その後、3年生から1年生まで学年百人一首大会を連日実施し、代表者は2月に春望
亭で行われる学年対抗戦に出場します。
■講師紹介 神作光一 先生
1931生。市川市在住。和洋学園理事。元東洋大学学長。先生が24年前から始め
られた「現代学生百人一首」は、全国から毎年6万首の応募があり、現在は600倍の
競争の中、和洋は毎年の入選を続け、2010年1月、学校特別賞を受賞させていただいた。
国文学者・文学博士・歌人。日本歌人クラブ名誉会長。市川手児奈文学賞実行委員会
顧問。2006年3月、市川市じゅんさい池に歌碑を建立。
「夕焼けの移ろひまでも映しつつやがて暮れゆく大きなる池」
研究書『曾祢好忠集の研究』、自選歌集『葛飾真間』、『まんが百人一首辞典』他
著書多数。
■講演の要旨
小倉百人一首は約700年以上の伝統がある。百人一首の中で、43首は恋愛の歌である。

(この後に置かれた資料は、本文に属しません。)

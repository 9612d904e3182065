//! A replica that goes on where another process of it stood: from its base, and by taking up again what it took up
//! since.
//!
//! ```rust
//! let new = Core::new(alloc, config, number, image, budget)?; // one that took up nothing
//! let inputs = .. // the events that were taken up behind the base, in order
//! match vr_resumed::resume(new, alloc, &marks, log, inputs)? {
//!     Some(replica) => .., // it is what it was
//!     None => .., // the base's log can't be restored
//! }
//! ```
//!
//! What it sends on that way is let go: it was handed out before, or is as a message that was lost. Its views are saved
//! already; its caller holds the store's view to them. `step` is one step of a replica whose caller saves its views.
//!
//! Proved: `step` does the rule of its event and says what that says, and where it fails the replica stands for what it
//! stood for; `take_up_again` leaves a replica that stands for what the record before becomes by the rules at just these
//! inputs, and `resume` so from each record of which marks and log are kept. Rules are functions, so that is the very
//! record that the process before stood for.
//!
//! By its caller's code alone: that views are saved before anything is handed out. No test rests here. Nothing calls it
//! yet.
#![tactic(auto)]

mod again;
mod resuming;
mod store;

pub use again::{step, take_up_again};
pub use resuming::resume;
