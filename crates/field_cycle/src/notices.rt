//! What an operator is to be told of a device, or of the controller.

ghost use Rattle.std.specs.Prelude.{◌≡◌, ◌++◌, ◌∷◌, [], None, take};
ghost use Rattle.std.specs.Option.{option_to_list};

use crate::link::LinkFault;

/// What changed of a device, or of the controller.
#[derive(Clone, Copy)]
pub enum Change {
    /// It answers, for the first time.
    Found,
    /// It answers no more, or was not to be had at first.
    Lost(LinkFault),
    /// It answers again.
    Back,
}

/// Changes that aren't told yet, in their order: two at most.
#[derive(Clone, Copy)]
pub struct Notices {
    first: Option<Change>,
    second: Option<Change>,
}

impl Notices {
    ghost use Rattle.field_cycle.specs.Notices.{listed};

    /// None.
    pub fn none() -> Notices
        ensures { listed result ≡ [] }
    {
        Notices {
            first: None,
            second: None,
        }
    }

    /// Puts a change behind the one that waits. Where two wait, it stands in place of the second.
    pub fn put(&mut self, change: Change)
        ensures { listed self.new ≡ take 1 (listed self.old) ++ change ∷ [] }
    {
        *self = match self.first.or(self.second) {
            None => Notices {
                first: Some(change),
                second: None,
            },
            Some(first) => Notices {
                first: Some(first),
                second: Some(change),
            },
        };
    }

    /// The next, which waits no more.
    pub fn take(&mut self) -> Option<Change>
        ensures { listed self.old ≡ option_to_list result ++ listed self.new }
    {
        let next = self.first.or(self.second);
        *self = Notices {
            first: self.first.and(self.second),
            second: None,
        };
        next
    }

    /// Whether none waits.
    pub fn is_empty(&self) -> bool {
        self.first.is_none() && self.second.is_none()
    }
}
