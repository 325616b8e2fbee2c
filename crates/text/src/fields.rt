// The numbers of a line: each after a tab, and a newline at the end.
ghost use Rattle.std.specs.Prelude.{◌≡◌, ◌+◌, ◌*◌, ◌≤◌, ◌^◌, length, drop};
ghost use Rattle.std.proofs.lemmas.List.Edits.{sets};
ghost use Rattle.text.specs.Number.{decimal};
ghost use Rattle.text.specs.Fields.{fields_text, read_field, read_fields};

use crate::number::{Number, begins, number_length, read_number, write_number};
use crate::{NEWLINE, TAB, rest};

// Reads a tab and a number at the front; the count is that of both.
fn read_field(s: &[u8]) -> Option<Number>
    ensures { result ≡ read_field s.now }
{
    if !begins(s, TAB) {
        return None;
    }
    let n = read_number(s, 1)?;
    Some(Number {
        value: n.value,
        count: n.count + 1,
    })
}

// Reads as many fields as `out` holds numbers, and the newline after them: how many bytes they take, or None where something
// else stands there. What was read before a fault is in `out` too. Read at a place, as callers have it.
pub fn read_fields(s: &[u8], at: usize, out: &mut [i64]) -> Option<usize>
    ensures value { result ≡ (read_fields (length out.old) (drop at s.now)).ending }
    ensures out_after { out.new ≡ sets out.old 0 (read_fields (length out.old) (drop at s.now)).numbers }
{
    let text = rest(s, at);
    let mut count = 0;
    for v in out {
        let n = read_field(rest(text, count))?;
        *v = n.value;
        count += n.count;
    }
    begins(rest(text, count), NEWLINE).then_some(count + 1)
}

// How many bytes a tab and the text of `v` take.
fn field_length(v: &i64) -> usize
    ensures value { result ≡ 1 + length (decimal v.now) }
    ensures upper_bound { result ≤ 21 }
{
    1 + number_length(*v)
}

// How many bytes the text of the numbers takes. The bound on their count keeps the sum from wrapping.
pub fn fields_length(vs: &[i64]) -> usize
    requires { length vs.now ≤ 2 ^ 32 }
    ensures value { result ≡ length (fields_text vs.now) }
    ensures upper_bound { result ≤ 21 * length vs.now + 1 }
{
    vs.iter().map(field_length).sum::<usize>() + 1
}

// Writes the text of the numbers at `at`, and returns the place after it.
pub fn write_fields(out: &mut [u8], at: usize, vs: &[i64]) -> usize
    requires { at + length (fields_text vs.now) ≤ length out.old }
    ensures value { result ≡ at + length (fields_text vs.now) }
    ensures out_after { out.new ≡ sets out.old at (fields_text vs.now) }
{
    let mut p = at;
    for v in vs {
        out[p] = TAB;
        p = write_number(out, p + 1, *v);
    }
    out[p] = NEWLINE;
    p + 1
}
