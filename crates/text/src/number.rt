// Decimal numbers: no plus, no leading zero, no -0, at most ten digits. The `parse` of i64 takes each of these, so they are read
// by hand.
ghost use Rattle.std.specs.Prelude.{◌≡◌, ◌+◌, ◌≤◌, length, drop};
ghost use Rattle.std.proofs.lemmas.List.Edits.{sets};
ghost use Rattle.std.specs.Int.Signed.{non_neg};
ghost use Rattle.text.specs.Number.{digits, decimal, begins, run, value, magnitude, plain, negated, read_number};

use crate::{MINUS, ZERO, rest};

// What was read, and how many bytes its text takes.
#[derive(Clone, Copy)]
pub struct Parsed<T> {
    pub value: T,
    pub count: usize,
}

pub type Number = Parsed<i64>;

// The number that some digits say.
type Magnitude = Parsed<u64>;

// Whether the text begins with `byte`.
pub(crate) fn begins(s: &[u8], byte: u8) -> bool
    ensures { result ≡ begins byte s.now }
{
    s.first() == Some(&byte)
}

// How many digits the text begins with.
fn count_digits(s: &[u8]) -> usize
    ensures { result ≡ run s.now }
{
    s.iter().take_while(|b| b.is_ascii_digit()).count()
}

// The number that the digits say.
fn value_of(digits: &[u8]) -> u64
    requires all { run digits.now ≡ length digits.now }
    requires few { length digits.now ≤ 10 }
    ensures { result ≡ value 0 digits.now }
{
    digits
        .iter()
        .fold(0, |v, digit| v * 10 + (*digit - ZERO) as u64)
}

// Reads the digits at the front.
fn read_magnitude(s: &[u8]) -> Option<Magnitude>
    ensures { result ≡ magnitude s.now }
{
    let count = count_digits(s);
    let zero_first = begins(s, ZERO);
    if 0 < count && count <= 10 && (count == 1 || !zero_first) {
        let value = value_of(&s[..count]);
        return Some(Magnitude { value, count });
    }
    None
}

// Reads the number whose minus stands before the text.
fn read_negative(s: &[u8]) -> Option<Number>
    ensures { result ≡ negated (magnitude s.now) }
{
    let m = read_magnitude(s)?;
    if m.value == 0 {
        return None;
    }
    Some(Number {
        value: -(m.value as i64),
        count: m.count + 1,
    })
}

// Reads the number that has no minus.
fn read_plain(s: &[u8]) -> Option<Number>
    ensures { result ≡ plain (magnitude s.now) }
{
    let m = read_magnitude(s)?;
    Some(Number {
        value: m.value as i64,
        count: m.count,
    })
}

// Reads the number at `at`. Read at a place, as callers have it.
pub fn read_number(s: &[u8], at: usize) -> Option<Number>
    ensures { result ≡ read_number (drop at s.now) }
{
    let text = rest(s, at);
    if begins(text, MINUS) {
        return read_negative(rest(text, 1));
    }
    read_plain(text)
}

// Whether `v` is written without a minus.
pub fn is_plain(v: i64) -> bool
    ensures { result ≡ non_neg v }
{
    0 <= v
}

// How many digits `n` has.
fn count_of(n: u64) -> usize
    ensures { result ≡ length (digits n) }
{
    if n < 10 {
        return 1;
    }
    n.ilog10() as usize + 1
}

// Writes the digits of `n` at `at`, and returns the place after them. They are written where they belong, and within the loop over a
// mark's numbers: a buffer of their own, and a copy, were a third of the instructions of a fresh mark.
#[inline(always)]
fn write_digits(out: &mut [u8], at: usize, n: u64) -> usize
    requires { at + length (digits n) ≤ length out.old }
    ensures value { result ≡ at + length (digits n) }
    ensures out_after { out.new ≡ sets out.old at (digits n) }
{
    let end = at + count_of(n);
    itoa::write_digits(n, out, end);
    end
}

// How many bytes the text of `v` takes.
pub fn number_length(v: i64) -> usize
    ensures { result ≡ length (decimal v) }
{
    let count = count_of(v.unsigned_abs());
    if is_plain(v) { count } else { count + 1 }
}

// Writes the text of `v` at `at`, and returns the place after it, which callers go on from.
pub fn write_number(out: &mut [u8], at: usize, v: i64) -> usize
    requires { at + length (decimal v) ≤ length out.old }
    ensures value { result ≡ at + length (decimal v) }
    ensures out_after { out.new ≡ sets out.old at (decimal v) }
{
    let n = v.unsigned_abs();
    if is_plain(v) {
        return write_digits(out, at, n);
    }
    out[at] = MINUS;
    write_digits(out, at + 1, n)
}
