// Decimal numbers and tab-parted fields, read at a place of a text and written into a lent buffer.
#![tactic(auto)]

ghost use Rattle.std.specs.Prelude.{◌≡◌, drop};

pub mod fields;
pub mod number;

pub const TAB: u8 = b'\t';

pub const NEWLINE: u8 = b'\n';

pub const MINUS: u8 = b'-';

pub const ZERO: u8 = b'0';

pub const NINE: u8 = b'9';

// What stands in `s` from `at` on: nothing, where `at` is beyond the end.
pub fn rest(s: &[u8], at: usize) -> &[u8]
    ensures { result.now ≡ drop at s.now }
{
    &s[at.min(s.len())..]
}
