//! Gathering the rows that a query gives into its answer.
#![tactic(auto)]

mod batch;
mod gathering;
mod merging;
mod region;

pub use gathering::gather;

#[cfg(test)]
mod tests;
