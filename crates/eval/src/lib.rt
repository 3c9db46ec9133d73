//! Asks a query of tables in lent memory, and leaves the answer in lent memory: rows, each with a node that says where it comes from.
#![tactic(auto)]

mod asking;
mod refusals;
mod reply;

pub use asking::ask;
pub use reply::Refusal;
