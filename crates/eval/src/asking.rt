//! Asking a query of tables in lent memory.
ghost use Rattle.std.specs.Prelude.{◌+◌, ◌*◌, ◌≤◌, length};
ghost use Rattle.eval.specs.Ask.{Ready, Readied, Given, Asked};

use crate::reply::Refusal;
use circuit::Circuit;
use engine::{run_weighed, weigh};
use gather::gather;
use query::Question;
use rows::SPAN;
use tables::fit;

/// Weights up to which hints of a size are enough, and these sizes: two hints for each node, and two nodes for each row and two more.
const TINY: usize = 32;

const TINY_HINTS: usize = 4 + 4 * TINY;

const LIGHT: usize = 128;

const LIGHT_HINTS: usize = 4 + 4 * LIGHT;

const MIDDLE: usize = 1024;

const MIDDLE_HINTS: usize = 4 + 4 * MIDDLE;

const LARGE: usize = 2048;

const LARGE_HINTS: usize = 4 + 4 * LARGE;

const HEAVY: usize = 8192;

const HEAVY_HINTS: usize = 4 + 4 * HEAVY;

/// A question, and what it weighs.
#[derive(Clone, Copy)]
struct Weighed<'a> {
    question: Question<'a>,
    weight: usize,
}

/// The question that nothing stands against, or the first refusal that applies.
fn readied<'a>(
    tables: &'a [u64],
    signs: &'a [u64],
    work: &mut [u64],
    nodes: usize,
    out: usize,
) -> Result<Weighed<'a>, Refusal>
    ensures { Readied tables.now signs.now (length work.old) nodes out result }
{
    let question = Question::read(fit(tables)?, signs)?;
    let weight = weigh(question, work).ok_or(Refusal::Weight)?;
    if work.len() < SPAN * weight {
        return Err(Refusal::Work(work.len()));
    }
    if nodes < 7 + 6 * weight {
        return Err(Refusal::Nodes(nodes));
    }
    if out < 1 + SPAN * weight {
        return Err(Refusal::Out(out));
    }
    Ok(Weighed { question, weight })
}

/// Answers a question by way of hints for all the nodes that it may need, and says how many rows the answer has.
// Three lent rows, and no struct of them, here and below: each goes on alone, to the engine, the circuit and the gathering, so one
// would be no plainer.
fn answer_by(
    asked: Weighed<'_>,
    work: &mut [u64],
    nodes: &mut [u64],
    hints: &mut [u64],
    out: &mut [u64],
) -> usize
    requires ready { Ready asked (length work.old) (length nodes.old) (length out.old) }
    requires enough { 4 + 4 * asked.weight ≤ length hints.old }
    ensures { Given asked.entry.question nodes.old nodes.new out.old out.new result }
{
    let mut circuit = Circuit { nodes, hints };
    circuit.start();
    let rows = run_weighed(asked.question, &mut circuit, work, asked.weight);
    gather(work, rows, &mut circuit, out)
}

/// Answers a question with so many hints in local memory.
fn answer_in<const HINTS: usize>(
    asked: Weighed<'_>,
    work: &mut [u64],
    nodes: &mut [u64],
    out: &mut [u64],
) -> usize
    requires ready { Ready asked (length work.old) (length nodes.old) (length out.old) }
    requires enough { (4 + 4 * asked.weight ≤ HINTS) × (HINTS ≤ 32772) }
    ensures { Given asked.entry.question nodes.old nodes.new out.old out.new result }
{
    let mut hints = [0; HINTS];
    answer_by(asked, work, nodes, &mut hints, out)
}

/// Answers a question with as much local memory as suits it.
// A chain of sizes, and no size that is computed: the length of an array is a constant, and nothing here is allocated.
fn answer(asked: Weighed<'_>, work: &mut [u64], nodes: &mut [u64], out: &mut [u64]) -> usize
    requires { Ready asked (length work.old) (length nodes.old) (length out.old) }
    ensures { Given asked.entry.question nodes.old nodes.new out.old out.new result }
{
    if asked.weight <= TINY {
        answer_in::<TINY_HINTS>(asked, work, nodes, out)
    } else if asked.weight <= LIGHT {
        answer_in::<LIGHT_HINTS>(asked, work, nodes, out)
    } else if asked.weight <= MIDDLE {
        answer_in::<MIDDLE_HINTS>(asked, work, nodes, out)
    } else if asked.weight <= LARGE {
        answer_in::<LARGE_HINTS>(asked, work, nodes, out)
    } else {
        answer_in::<HEAVY_HINTS>(asked, work, nodes, out)
    }
}

/// Asks the query that `signs` say of the tables in `tables`: leaves the nodes in `nodes` and the rows in `out`, each with its node
/// and its cells, behind their number, and says how many there are; or turns it away, with both as they were. What `work` holds
/// afterwards is left open.
pub fn ask(
    tables: &[u64],
    signs: &[u64],
    work: &mut [u64],
    nodes: &mut [u64],
    out: &mut [u64],
) -> Result<usize, Refusal>
    ensures { Asked tables.now signs.now (length work.old)
        nodes.old nodes.new out.old out.new result }
{
    let asked = readied(tables, signs, work, nodes.len(), out.len())?;
    Ok(answer(asked, work, nodes, out))
}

恋の歌は、1から5まで恋愛の段階に合わせて分けることができる。異種百人一首が
多い。
数年前、和洋中学で、かるたクイーンの渡辺令恵さんが模範演技をして下さったが、
今年も近江神宮(滋賀県)にて、かるた名人戦・クイーン戦が開催される。NHKの
番組で、(先生の)対談が予定されている。
短歌は俵万智さんの『サラダ記念日』によってブームとなった。その頃、東洋大学
が百周年を迎え、記念行事の一つとして現代学生百人一首をスタートさせた。現在は
6万首の応募がある。この間、俵万智さんの協力もあった。和洋からも毎年の応募入選
が続いている。
短歌の詠み方として、辞書を引くような難しい言葉は使わず、誰の心にも届くような
のが良い歌。短歌は下の句(7・7)が優れたのが良い歌。特に結句が良い歌が選ばれ
る。素材の新鮮さ(キレ)と、口ずさみたくなり感動を与える(コク)が大切。うれし
い悲しいの感情語を使わず、具体と具象で表現しよう。
百人一首の覚え方は、手を使って覚えると良い。「あ」で始まる歌が何首あるかなど、
頭に表を作る。間違えやすい歌がいくつかあるので、しっかり聴くことが大切。
■VOICE
(1年生)
・日本の文化を日本人が守ることは素晴らしい。伝統を大切にするため百人一首を覚える。
・最後のかるたを覚えるコツがためになり、メモをとりました。さすがプロのかたです。
・すっと読めて心にしみる歌を私も詠みたいです。丁寧に教えて頂き有り難うございます。
(2年生)
・百人一首の歴史に触れられてとても良かったです。遊び感覚で楽しめます。
・和洋でなぜ百人一首や短歌をやるのかわかりました。言葉を磨くは心を磨くですね。
・神作先生のお話を聞いて、これから作る短歌が楽しみになりました。
・先生の話の内容はとてもわかりやすく、聴いていて「なるほど」と飽きませんでした。
(3年生)
・百人一首にたくさんの種類があると知って驚きました。
・私も人を感動させられるような短歌を作っていきたいです。
・一番印象に残ったのは、短歌や百人一首を通して人間がつながっていることでした。
・日本人としての心を詞に表現することの大切さと素晴らしさを知りました。